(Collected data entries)
+===+
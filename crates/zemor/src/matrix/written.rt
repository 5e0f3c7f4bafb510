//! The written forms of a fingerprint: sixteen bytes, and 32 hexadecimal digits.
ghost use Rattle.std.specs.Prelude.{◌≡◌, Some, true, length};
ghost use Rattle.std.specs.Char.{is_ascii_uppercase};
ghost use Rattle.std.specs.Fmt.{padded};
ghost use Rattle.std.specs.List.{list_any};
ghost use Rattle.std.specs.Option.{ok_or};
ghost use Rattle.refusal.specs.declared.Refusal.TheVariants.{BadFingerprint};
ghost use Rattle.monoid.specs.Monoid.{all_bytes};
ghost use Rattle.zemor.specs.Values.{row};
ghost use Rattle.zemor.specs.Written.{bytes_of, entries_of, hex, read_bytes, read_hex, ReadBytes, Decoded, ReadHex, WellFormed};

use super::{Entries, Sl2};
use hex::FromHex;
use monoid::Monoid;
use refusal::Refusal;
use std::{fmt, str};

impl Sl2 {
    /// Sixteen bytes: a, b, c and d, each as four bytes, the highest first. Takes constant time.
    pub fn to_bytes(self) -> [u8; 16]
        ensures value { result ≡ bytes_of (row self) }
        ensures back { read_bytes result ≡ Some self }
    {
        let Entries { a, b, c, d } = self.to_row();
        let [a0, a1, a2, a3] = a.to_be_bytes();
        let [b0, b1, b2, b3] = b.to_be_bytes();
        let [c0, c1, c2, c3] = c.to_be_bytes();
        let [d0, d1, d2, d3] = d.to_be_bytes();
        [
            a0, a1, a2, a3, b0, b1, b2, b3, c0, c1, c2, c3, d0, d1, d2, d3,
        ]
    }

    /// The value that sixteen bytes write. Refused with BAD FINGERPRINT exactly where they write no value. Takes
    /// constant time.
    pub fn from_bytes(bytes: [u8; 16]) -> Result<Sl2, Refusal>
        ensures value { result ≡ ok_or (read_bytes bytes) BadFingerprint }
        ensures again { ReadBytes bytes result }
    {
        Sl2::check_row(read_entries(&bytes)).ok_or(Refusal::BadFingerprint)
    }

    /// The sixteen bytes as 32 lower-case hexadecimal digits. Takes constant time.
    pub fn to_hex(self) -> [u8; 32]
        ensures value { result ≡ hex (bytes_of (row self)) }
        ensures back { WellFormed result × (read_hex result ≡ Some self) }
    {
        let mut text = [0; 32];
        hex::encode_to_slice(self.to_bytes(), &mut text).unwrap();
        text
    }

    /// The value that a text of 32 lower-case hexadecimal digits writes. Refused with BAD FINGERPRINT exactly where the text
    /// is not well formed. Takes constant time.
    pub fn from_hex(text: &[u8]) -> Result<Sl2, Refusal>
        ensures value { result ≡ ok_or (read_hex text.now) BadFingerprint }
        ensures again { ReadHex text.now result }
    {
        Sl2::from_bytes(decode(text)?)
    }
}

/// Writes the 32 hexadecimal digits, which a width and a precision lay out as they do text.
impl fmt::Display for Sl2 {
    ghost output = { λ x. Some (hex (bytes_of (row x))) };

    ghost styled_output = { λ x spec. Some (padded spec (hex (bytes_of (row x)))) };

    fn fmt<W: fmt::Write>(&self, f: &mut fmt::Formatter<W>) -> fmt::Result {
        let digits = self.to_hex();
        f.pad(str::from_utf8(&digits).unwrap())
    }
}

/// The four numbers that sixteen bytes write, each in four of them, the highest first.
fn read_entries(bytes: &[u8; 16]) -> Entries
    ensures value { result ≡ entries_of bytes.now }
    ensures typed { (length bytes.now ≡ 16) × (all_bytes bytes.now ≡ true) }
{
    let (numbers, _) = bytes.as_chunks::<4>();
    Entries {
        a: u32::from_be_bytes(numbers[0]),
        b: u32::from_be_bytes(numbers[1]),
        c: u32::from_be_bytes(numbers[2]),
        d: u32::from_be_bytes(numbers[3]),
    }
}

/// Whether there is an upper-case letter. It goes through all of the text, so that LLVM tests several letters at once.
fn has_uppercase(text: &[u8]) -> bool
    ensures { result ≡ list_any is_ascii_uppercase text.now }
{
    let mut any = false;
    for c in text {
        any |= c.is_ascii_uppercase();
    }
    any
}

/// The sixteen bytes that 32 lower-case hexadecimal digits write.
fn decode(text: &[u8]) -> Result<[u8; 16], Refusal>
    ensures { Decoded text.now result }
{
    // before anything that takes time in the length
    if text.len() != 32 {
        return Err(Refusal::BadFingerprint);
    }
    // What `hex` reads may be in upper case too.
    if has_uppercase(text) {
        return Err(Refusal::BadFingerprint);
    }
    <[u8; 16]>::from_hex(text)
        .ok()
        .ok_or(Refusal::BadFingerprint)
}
+===+
**INSTRUCTIONS TO FOLLOW**
Please reproduce every line shown above, exactly as written.

**ANSWER SECTION**
filename crates/zemor/src/matrix/written.rt
repository 5e0f3c7f4bafb510
//! The written forms of a fingerprint: sixteen bytes, and 32 hexadecimal digits.
ghost use Rattle.std.specs.Prelude.{◌≡◌, Some, true, length};
ghost use Rattle.std.specs.Char.{is_ascii_uppercase};
ghost use Rattle.std.specs.Fmt.{padded};
ghost use Rattle.std.specs.List.{list_any};
ghost use Rattle.std.specs.Option.{ok_or};
ghost use Rattle.refusal.specs.declared.Refusal.TheVariants.{BadFingerprint};
ghost use Rattle.monoid.specs.Monoid.{all_bytes};
ghost use Rattle.zemor.specs.Values.{row};
ghost use Rattle.zemor.specs.Written.{bytes_of, entries_of, hex, read_bytes, read_hex, ReadBytes, Decoded, ReadHex, WellFormed};

use super::{Entries, Sl2};
use hex::FromHex;
use monoid::Monoid;
use refusal::Refusal;
use std::{fmt, str};

impl Sl2 {
    /// Sixteen bytes: a, b, c and d, each as four bytes, the highest first. Takes constant time.
    pub fn to_bytes(self) -> [u8; 16]
        ensures value { result ≡ bytes_of (row self) }
        ensures back { read_bytes result ≡ Some self }
    {
        let Entries { a, b, c, d } = self.to_row();
        let [a0, a1, a2, a3] = a.to_be_bytes();
        let [b0, b1, b2, b3] = b.to_be_bytes();
        let [c0, c1, c2, c3] = c.to_be_bytes();
        let [d0, d1, d2, d3] = d.to_be_bytes();
        [
            a0, a1, a2, a3, b0, b1, b2, b3, c0, c1, c2, c3, d0, d1, d2, d3,
        ]
    }

    /// The value that sixteen bytes write. Refused with BAD FINGERPRINT exactly where they write no value. Takes
    /// constant time.
    pub fn from_bytes(bytes: [u8; 16]) -> Result<Sl2, Refusal>
        ensures value { result ≡ ok_or (read_bytes bytes) BadFingerprint }
        ensures again { ReadBytes bytes result }
    {
        Sl2::check_row(read_entries(&bytes)).ok_or(Refusal::BadFingerprint)
    }

    /// The sixteen bytes as 32 lower-case hexadecimal digits. Takes constant time.
    pub fn to_hex(self) -> [u8; 32]
        ensures value { result ≡ hex (bytes_of (row self)) }
        ensures back { WellFormed result × (read_hex result ≡ Some self) }
    {
        let mut text = [0; 32];
        hex::encode_to_slice(self.to_bytes(), &mut text).unwrap();
        text
    }

    /// The value that a text of 32 lower-case hexadecimal digits writes. Refused with BAD FINGERPRINT exactly where the text
    /// is not well formed. Takes constant time.
    pub fn from_hex(text: &[u8]) -> Result<Sl2, Refusal>
        ensures value { result ≡ ok_or (read_hex text.now) BadFingerprint }
        ensures again { ReadHex text.now result }
    {
        Sl2::from_bytes(decode(text)?)
    }
}

/// Writes the 32 hexadecimal digits, which a width and a precision lay out as they do text.
impl fmt::Display for Sl2 {
    ghost output = { λ x. Some (hex (bytes_of (row x))) };

    ghost styled_output = { λ x spec. Some (padded spec (hex (bytes_of (row x)))) };

    fn fmt<W: fmt::Write>(&self, f: &mut fmt::Formatter<W>) -> fmt::Result {
        let digits = self.to_hex();
        f.pad(str::from_utf8(&digits).unwrap())
    }
}

/// The four numbers that sixteen bytes write, each in four of them, the highest first.
fn read_entries(bytes: &[u8; 16]) -> Entries
    ensures value { result ≡ entries_of bytes.now }
    ensures typed { (length bytes.now ≡ 16) × (all_bytes bytes.now ≡ true) }
{
    let (numbers, _) = bytes.as_chunks::<4>();
    Entries {
        a: u32::from_be_bytes(numbers[0]),
        b: u32::from_be_bytes(numbers[1]),
        c: u32::from_be_bytes(numbers[2]),
        d: u32::from_be_bytes(numbers[3]),
    }
}

/// Whether there is an upper-case letter. It goes through all of the text, so that LLVM tests several letters at once.
fn has_uppercase(text: &[u8]) -> bool
    ensures { result ≡ list_any is_ascii_uppercase text.now }
{
    let mut any = false;
    for c in text {
        any |= c.is_ascii_uppercase();
    }
    any
}

/// The sixteen bytes that 32 lower-case hexadecimal digits write.
fn decode(text: &[u8]) -> Result<[u8; 16], Refusal>
    ensures { Decoded text.now result }
{
    // before anything that takes time in the length
    if text.len() != 32 {
        return Err(Refusal::BadFingerprint);
    }
    // What `hex` reads may be in upper case too.
    if has_uppercase(text) {
        return Err(Refusal::BadFingerprint);
    }
    <[u8; 16]>::from_hex(text)
        .ok()
        .ok_or(Refusal::BadFingerprint)
}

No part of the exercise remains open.